Gratitude Monday: Solidarity


I confess that I’m at a bit of a loss for Gratitude Monday today. The world spent the weekend watching American cities roil with rage against systemic racism, seeing cops arresting and shooting (rubber bullets) at credentialed journalists and firing tear grenades at peaceful protesters, witnessing white right-wing extremist agents provocateurs breaking commercial windows and urging protesters to loot, and listening to Cadet Bonespurs bluster at NASA about what he will or will not tolerate.

More than Motor City’s burning, folks; shit’s real for sure.

It’s like I’m reliving 1968, only via the internet instead of B&W TV. We’re 52 years on from Martin and Bobby, and 28 from Rodney King and we haven’t moved discernibly forward. We've got police riots all over the country.

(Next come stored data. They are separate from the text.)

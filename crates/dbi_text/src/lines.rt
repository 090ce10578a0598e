// The lines of a plate.
ghost use Rattle.std.specs.Prelude.{◌+◌, ◌≤◌, length};
ghost use Rattle.words.specs.Writing.{Put};
ghost use Rattle.hundredths.specs.Raised.{lowered};
ghost use Rattle.shown.specs.Plate.{entries_of};
ghost use Rattle.dbi_text.specs.Dbi.{entry_line, lines_from};

use answers::Kind;
use dial::Row;
use hundredths::decimals::push_raised;
use numerals::push_numeral;
use text::lines::kind_name;
use words::page::Page;

// Azimuth, gain and the name of its kind.
#[tactic(auto, unfolding(crate::specs::Dbi::entry_line, quoted::specs::Quoted::quoted))]
fn push_entry<const N: usize>(page: &mut Page<N>, azimuth: u32, raised: u32, kind: Kind)
    requires { length page.old + 34 ≤ N }
    ensures { Put 34 page.old (entry_line azimuth (kind, lowered raised)) page.new }
{
    push_numeral(page, azimuth);
    page.push(b' ');
    push_raised(page, raised);
    page.push(b' ');
    page.push_bytes(kind_name(kind));
    page.push(b'\n');
}

// The lines of azimuths 0 to 359.
pub(crate) fn push_entries<const N: usize>(page: &mut Page<N>, row: &Row)
    requires { length page.old + 12240 ≤ N }
    ensures { Put 12240 page.old (lines_from 0 (entries_of row.now)) page.new }
{
    for v in 0..360 {
        push_entry(page, v as u32, row.numbers[v], row.kinds[v]);
    }
}
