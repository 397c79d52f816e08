// By how much a booking's confidence leads those of its slot's other bookings.
ghost use Rattle.std.specs.Prelude.{◌≡◌, ◌<◌, ◌≤◌, length};
ghost use Rattle.rules.specs.Layout.{size, most_bookings, bookings};
ghost use Rattle.rules.specs.Readings.{is_rival, rival_confidence, rivals_most, lead_of};

use crate::booking;

// Whether j is another booking of i's slot.
fn is_rival(w: &[u16], i: usize, j: usize) -> bool
    requires { (length w.now ≡ size) × (i < most_bookings) × (j < most_bookings) }
    ensures { result ≡ is_rival w.now i j }
{
    (booking::slot_of(w, j) == booking::slot_of(w, i)) & (j != i)
}

// The confidence of j where it is a rival of i, else 0.
fn rival_confidence(w: &[u16], i: usize, j: usize) -> u16
    requires { (length w.now ≡ size) × (i < most_bookings) × (j < most_bookings) }
    ensures { result ≡ rival_confidence w.now i j }
{
    if is_rival(w, i, j) {
        booking::confidence_of(w, j)
    } else {
        0
    }
}

// The greatest confidence among the slot's other bookings, or 0 if there are none.
fn rivals_most(w: &[u16], i: usize) -> u16
    requires { (length w.now ≡ size) × (bookings w.now ≤ most_bookings) × (i < most_bookings) }
    ensures { result ≡ rivals_most w.now i }
{
    (0..booking::how_many(w))
        .map(|j| rival_confidence(w, i, j))
        .fold(0, u16::max)
}

// The lead of booking i, below 0 where a rival is ahead.
pub fn lead_of(w: &[u16], i: usize) -> i64
    requires { (length w.now ≡ size) × (bookings w.now ≤ most_bookings) × (i < most_bookings) }
    ensures { result ≡ lead_of w.now i }
{
    (booking::confidence_of(w, i) as i64) - (rivals_most(w, i) as i64)
}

Well, there was a moment, in Minneapolis, where Mennonites showed up in solidarity with the protestors, and I was reminded of the Catholic priests at the forefront of civil rights marches, and of the Quakers who held silent vigil outside the main Post Office in Pasadena every Wednesday for years to protest the Vietnam War.

I was also reminded of a quote by the late-Nineteenth Century Irish professor G.F. Fitzgerald—it was about Britain’s Irish “problem”, but swap out White America for England, and Black America for the Irish, and it seems pretty damned appropriate for these days.

“England, as we all know, never understands Ireland; the English are a dull people compared to the Irish, and require a tremendous row before than can be moved to do anything. Then, after we have blown up Clerkenwell Prison, or something of that sort, England rubs her hands and says, ‘the Irish want something,’ and flings us a new pair of shoes. The shoes, as a rule, don’t happen to fit us, and when we still grumble she gets angry and sais, ‘They are a good pair of shoes, and it is your own fault if they don’t fit; you are a most ungrateful, provoking creature, never satisfied,’ and turns back to her own business till we make another row.”

Well, chew on that, if you like. Today I’m grateful for the Mennonites showing up in peace and support. We need tens off thousands more of White America to show up and march with our brothers and sisters of color, or this is never going to change.